# Forum Home Renovation Paving  Grout/Mortar and Poolside Pavers..

## muttonduck

Hi all, 
I have just had a pool put in and the contractor has made a dogs breakfast of the bullnose pavers around the edge. The gaps between the pavers are uneven and the whole job looks like a shambles. I am thinking about grinding out a 7-8mm gap between each paver and filling it with some sort of grout or mortar. Some people have told me it would be a waste of time as the grout/mortar would crack and need replacing. The pavers are reconstituted limestone and the pool is saltwater. I am wondering if anyone has done this type of job before and if so, what sort of product they have, or would use in the gaps between the pavers.
Thanks in advance.
Bruce

----------


## Bleedin Thumb

What size gaps have you got now?
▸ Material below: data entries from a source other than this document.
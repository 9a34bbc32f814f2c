//! Parsing a line: its tokens as one of the forms. A parser is `None` if the tokens do not have its form, or if more follow.
//!
//! `wide` is true of `r` registers (64 bits), false of `w` registers (their low 32 bits).

ghost use Rattle.std.specs.Prelude.{◌≡◌, option_map};
ghost use Rattle.text_line.specs.inside.Shown.{shown_tokens};
ghost use Rattle.text_line.specs.Shown.{seen_line};
ghost use Rattle.text_line.specs.inside.Reading.{parsed_binary, parsed_sign_extension, parsed_in_place, parsed_unary};
ghost use Rattle.text_line.specs.inside.Reading.{parsed_operation, parsed_load, parsed_store, parsed_atomic, parsed_wide_load};
ghost use Rattle.text_line.specs.inside.Reading.{parsed_assigned, parsed_branch, parsed_form, parsed_label, line_of, seen_destination};

use crate::form::{Access, Form, Line, Operation};
use crate::names::{atomic_size, register_named};
use crate::parts::{
    address, after_symbol, after_word, at_end, constant, destination, ended, leading_symbol, name,
    operand, register, wide_value,
};
use crate::token::Token;
use insn_set::{
    AluOp, AtomicOp, ExtendedBits, Reg, alu_by_symbol, condition_by_symbol, extension_by_name,
    order_by_name,
};
use words::BITS_64;

// ---- operations

/// The operation `op`, an operator of two operands or a move, with the source in `tokens`, which are those after the operator's symbol. The
/// source is a constant, a number after a minus or without a sign, or a register: an `r` register (64 bits) if `wide`, else a `w` register
/// (the low 32). Whether the constant fits in its field, `Form::insn` tests later. `None` if the tokens do not begin with such a source, or
/// if more tokens follow it. If `op` is a move, the caller, `operation`, then tries the operations of one operand.
#[tactic(auto, unfolding(crate::specs::inside::Reading::parsed_binary))]
fn binary(wide: bool, op: AluOp, tokens: &[Token<'_>]) -> Option<Operation>
    ensures { result ≡ parsed_binary wide op (shown_tokens tokens.now) }
{
    let Some((src, rest)) = operand(wide, tokens) else {
        return None;
    };
    at_end(Operation::Binary { op, src }, rest)
}

/// A move with sign extension, from the tokens after `(`, for example `s16)r2`. Its source is an `r` register if `wide`, else a `w`
/// register. `None` if the tokens are anything else, also `s32` with a `w` register, since that has only 32 bits.
#[tactic(auto, unfolding(crate::specs::inside::Reading::parsed_sign_extension))]
fn sign_extension(wide: bool, tokens: &[Token<'_>]) -> Option<Operation>
    ensures { result ≡ parsed_sign_extension wide (shown_tokens tokens.now) }
{
    let (name, rest) = name(tokens)?;
    let from = extension_by_name(name)?;
    let rest = after_symbol(rest, ")")?;
    let Some((src, rest)) = register(wide, rest) else {
        return None;
    };
    if !wide && from == ExtendedBits::Bits32 {
        return None;
    }
    at_end(Operation::SignExtend { from, src }, rest)
}

/// Reads the end of a line that names its destination again, as the second `r1` of `r1 = -r1`. `dst` is the destination, an `r` register if
/// `wide`, else a `w` register; `found` is the operation that the caller has read. Returns `found` if `tokens` are the destination and
/// nothing else, and `None` for any other tokens.
#[tactic(auto, unfolding(crate::specs::inside::Reading::parsed_in_place))]
fn in_place(wide: bool, dst: Reg, found: Operation, tokens: &[Token<'_>]) -> Option<Operation>
    ensures { result ≡ parsed_in_place wide dst found (shown_tokens tokens.now) }
{
    let Some((again, rest)) = register(wide, tokens) else {
        return None;
    };
    if again.number() != dst.number() {
        return None;
    }
    at_end(found, rest)
}

/// An operation of one operand, from the tokens after `=`. Its destination `dst` is an `r` register if `wide`, else a `w` register. It is a
/// move with sign extension if the tokens begin with `(`, and a negation if they begin with `-`. Else it is a byte-order conversion, which
/// only an `r` register has. A negation and a byte-order conversion have to name `dst` again (`in_place`), as in `r1 = -r1`. `None` if the
/// tokens are none of these.
#[tactic(auto, unfolding(crate::specs::inside::Reading::parsed_unary))]
fn unary(wide: bool, dst: Reg, tokens: &[Token<'_>]) -> Option<Operation>
    ensures { result ≡ parsed_unary wide dst (shown_tokens tokens.now) }
{
    if let Some(rest) = after_symbol(tokens, "(") {
        return sign_extension(wide, rest);
    }
    if let Some(rest) = after_symbol(tokens, "-") {
        return in_place(wide, dst, Operation::Neg, rest);
    }
    if !wide {
        return None;
    }
    let (name, rest) = name(tokens)?;
    let (how, bits) = order_by_name(name)?;
    in_place(BITS_64, dst, Operation::End { how, bits }, rest)
}

/// An operation on `dst`, an `r` register if `wide`, else a `w` register, from the tokens after `op`, the operator that the symbol in the
/// line names. The tokens are a constant or a register, the second operand of `op`, as in `r1 += 5` (`binary`). If `op` is a move (`Mov`,
/// with the symbol `=`), they may also be an operation of one operand (`unary`): a move with sign extension, a negation or a byte-order
/// conversion. Only the last two need `dst`, which they name again, as in `r1 = -r1`. `None` if the tokens are anything else.
#[tactic(auto, unfolding(crate::specs::inside::Reading::parsed_operation))]
fn operation(wide: bool, op: AluOp, dst: Reg, tokens: &[Token<'_>]) -> Option<Operation>
    ensures { result ≡ parsed_operation wide op dst (shown_tokens tokens.now) }
{
    if let Some(found) = binary(wide, op, tokens) {
        return Some(found);
    }
    if op == AluOp::Mov {
        unary(wide, dst, tokens)
    } else {
        None
    }
}

// ---- forms

/// A load into `dst`, from the tokens after `=`: a memory operand, as `*(u32 *)(r6 + 0)`; a size as `s32` is `signed`, which means that the
/// load extends the sign. `None` if the tokens are anything else.
#[tactic(auto, unfolding(crate::specs::inside::Reading::parsed_load))]
fn load(dst: Reg, tokens: &[Token<'_>]) -> Option<Form>
    ensures { result ≡ parsed_load dst (shown_tokens tokens.now) }
{
    let Some((((signed, size), address), rest)) = address(tokens) else {
        return None;
    };
    let access = Access::Load { size, signed, dst };
    at_end(Form::Access { access, address }, rest)
}

/// The form of a store: a memory operand, as `*(u32 *)(r6 + 0)`, then `=`, and what is stored, a constant or an `r` register. `None` if the
/// tokens are anything else, also if the size is written as signed, as `s32`: of the accesses to memory only a load extends a sign.
#[tactic(auto, unfolding(crate::specs::inside::Reading::parsed_store))]
fn store(tokens: &[Token<'_>]) -> Option<Form>
    ensures { result ≡ parsed_store (shown_tokens tokens.now) }
{
    let Some((((signed, size), address), rest)) = address(tokens) else {
        return None;
    };
    let rest = after_symbol(rest, "=")?;
    let Some((src, rest)) = operand(BITS_64, rest) else {
        return None;
    };
    if signed {
        return None;
    }
    let access = Access::Store { size, src };
    at_end(Form::Access { access, address }, rest)
}

/// An atomic operation, from the tokens after `lock`: a memory operand of 4 or 8 bytes, not signed, the symbol of the operation, and an `r`
/// register. `None` if they are anything else.
#[tactic(auto, unfolding(crate::specs::inside::Reading::parsed_atomic))]
fn atomic(tokens: &[Token<'_>]) -> Option<Form>
    ensures { result ≡ parsed_atomic (shown_tokens tokens.now) }
{
    let Some((((signed, size), address), rest)) = address(tokens) else {
        return None;
    };
    let size = atomic_size(signed, size)?;
    let (symbol, rest) = leading_symbol(rest)?;
    let op = AtomicOp::from_symbol(symbol)?;
    let Some((src, rest)) = register(BITS_64, rest) else {
        return None;
    };
    let access = Access::Atomic { size, op, src };
    at_end(Form::Access { access, address }, rest)
}

/// The form of a load of a 64-bit value into `dst`, from the tokens after `=`, which are the value and `ll`: a number, as `5 ll`, a map by
/// its descriptor, as `map_fd 3 ll`, or an address in a map's value, as `map_value 3 + 8 ll`. `None` if the tokens are anything else, or if
/// more follow. The contract: the definition `parsed_wide_load` reads the same form; `shown_tokens` turns tokens of the code into those of
/// definitions.
#[tactic(auto, unfolding(crate::specs::inside::Reading::parsed_wide_load))]
fn wide_load(dst: Reg, tokens: &[Token<'_>]) -> Option<Form>
    ensures { result ≡ parsed_wide_load dst (shown_tokens tokens.now) }
{
    let (value, rest) = wide_value(tokens)?;
    let rest = after_word(rest, "ll")?;
    at_end(Form::WideLoad { dst, value }, rest)
}

/// Parses a line that begins with its destination register, from all tokens of the line. It may be an operation on this register, as
/// `w1 += 2`. If `=`, the symbol of `Mov`, follows an `r` register, it may also be a wide load, as `r2 = 5 ll`, or a load, as
/// `r1 = *(u32 *)(r6 + 0)`. `None` if the tokens are none of these, or if more follow. The contract: the definition `parsed_assigned` reads
/// the same form from the tokens with their texts as bytes (`shown_tokens`).
#[tactic(auto, unfolding(crate::specs::inside::Reading::parsed_assigned))]
fn assigned(tokens: &[Token<'_>]) -> Option<Form>
    ensures { result ≡ parsed_assigned (shown_tokens tokens.now) }
{
    let (name, rest) = name(tokens)?;
    let (wide, dst) = register_named(name)?;
    let (symbol, rest) = leading_symbol(rest)?;
    let op = alu_by_symbol(symbol)?;
    if let Some(op) = operation(wide, op, dst, rest) {
        return Some(Form::Operation { wide, dst, op });
    }
    if !wide || op != AluOp::Mov {
        return None;
    }
    match wide_load(dst, rest) {
        Some(form) => Some(form),
        None => load(dst, rest),
    }
}

/// Parses a conditional jump from the tokens after `if`, as `r1 == 0 goto +2` or `w1 < w2 goto out`. Returns its form, and the name of the
/// label to which it jumps: the form has only `Label` as its target. If the target is a number of slots, which has a sign, the form has the
/// number, and the name is empty. Returns `None` if the tokens are anything else. In the contract, `seen_destination` and `shown_tokens`
/// replace borrowed texts by their bytes.
#[tactic(auto, unfolding(crate::specs::inside::Reading::parsed_branch))]
fn branch<'a>(tokens: &[Token<'a>]) -> Option<(Form, &'a str)>
    ensures { seen_destination result ≡ parsed_branch (shown_tokens tokens.now) }
{
    let (name, rest) = name(tokens)?;
    let (wide, dst) = register_named(name)?;
    let (symbol, rest) = leading_symbol(rest)?;
    let cond = condition_by_symbol(symbol)?;
    let Some((src, rest)) = operand(wide, rest) else {
        return None;
    };
    let rest = after_word(rest, "goto")?;
    let (to, label) = destination(rest)?;
    Some((
        Form::Branch {
            wide,
            cond,
            dst,
            src,
            to,
        },
        label,
    ))
}

/// The form of the instruction that the tokens are, and the name of the label to which it jumps: the empty text if it names none, as a jump
/// by a number of slots. If the first token is none of `if`, `goto`, `gotol`, `call`, `exit` and `lock`, it is the destination register
/// (`assigned`), or the instruction is a store. `None` if the tokens are no instruction, or more follow. The contract: the definition
/// `parsed_form` reads the same form and the same name; `seen_destination` and `shown_tokens` replace the borrowed texts of the result and
/// of the tokens by their bytes.
#[tactic(auto, unfolding(crate::specs::inside::Reading::parsed_form))]
fn form<'a>(tokens: &[Token<'a>]) -> Option<(Form, &'a str)>
    ensures { seen_destination result ≡ parsed_form (shown_tokens tokens.now) }
{
    if let Some(rest) = after_word(tokens, "if") {
        return branch(rest);
    }
    if let Some(rest) = after_word(tokens, "goto") {
        let (to, label) = destination(rest)?;
        return Some((Form::Jump { long: false, to }, label));
    }
    if let Some(rest) = after_word(tokens, "gotol") {
        let (to, label) = destination(rest)?;
        return Some((Form::Jump { long: true, to }, label));
    }
    if let Some(rest) = after_word(tokens, "call") {
        let (id, rest) = constant(rest)?;
        let form = at_end(Form::Call { id }, rest)?;
        return Some((form, ""));
    }
    if let Some(rest) = after_word(tokens, "exit") {
        let form = at_end(Form::Exit, rest)?;
        return Some((form, ""));
    }
    if let Some(rest) = after_word(tokens, "lock") {
        let form = atomic(rest)?;
        return Some((form, ""));
    }
    if let Some(form) = assigned(tokens) {
        return Some((form, ""));
    }
    let form = store(tokens)?;
    Some((form, ""))
}

// ---- lines

/// The name of the label that the line defines, if its tokens are a name and `:`, and nothing more; `None` of any other line.
#[tactic(auto, unfolding(crate::specs::inside::Reading::parsed_label))]
fn label<'a>(tokens: &[Token<'a>]) -> Option<&'a str>
    ensures { option_map (λ n. n.now) result ≡ parsed_label (shown_tokens tokens.now) }
{
    let (name, rest) = name(tokens)?;
    let rest = after_symbol(rest, ":")?;
    at_end(name, rest)
}

/// The line of these tokens: blank if there are none; the definition of a label if they are a name and `:`; else an instruction, with the
/// label that its jump names, the empty text if it names none. `None` if they are none of these. The contract: the result is the line that
/// the definition `line_of` reads from the tokens.
#[tactic(auto, unfolding(crate::specs::inside::Reading::line_of))]
pub(crate) fn line_of<'a>(tokens: &[Token<'a>]) -> Option<Line<'a>>
    ensures { option_map seen_line result ≡ line_of (shown_tokens tokens.now) }
{
    if ended(tokens) {
        return Some(Line::Blank);
    }
    if let Some(name) = label(tokens) {
        return Some(Line::Label(name));
    }
    let Some((form, label)) = form(tokens) else {
        return None;
    };
    Some(Line::Code(form, label))
}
Are the gaps uneven because they go around curves? Can you put some photos up? 
It may be that the uneven gaps are caused because the pavers are traversing a radius, if this is the case its OK (to a point). What will no doubt become a dogs breakfast is if you start trying to cut and regrout insitu unless your a very skilled DIYer or tradesman.
Photos would really help.

----------


## muttonduck

The pool is curved, and having paved before I understand the inherent problems with curves. I will  post some photos soon. Thanks.

----------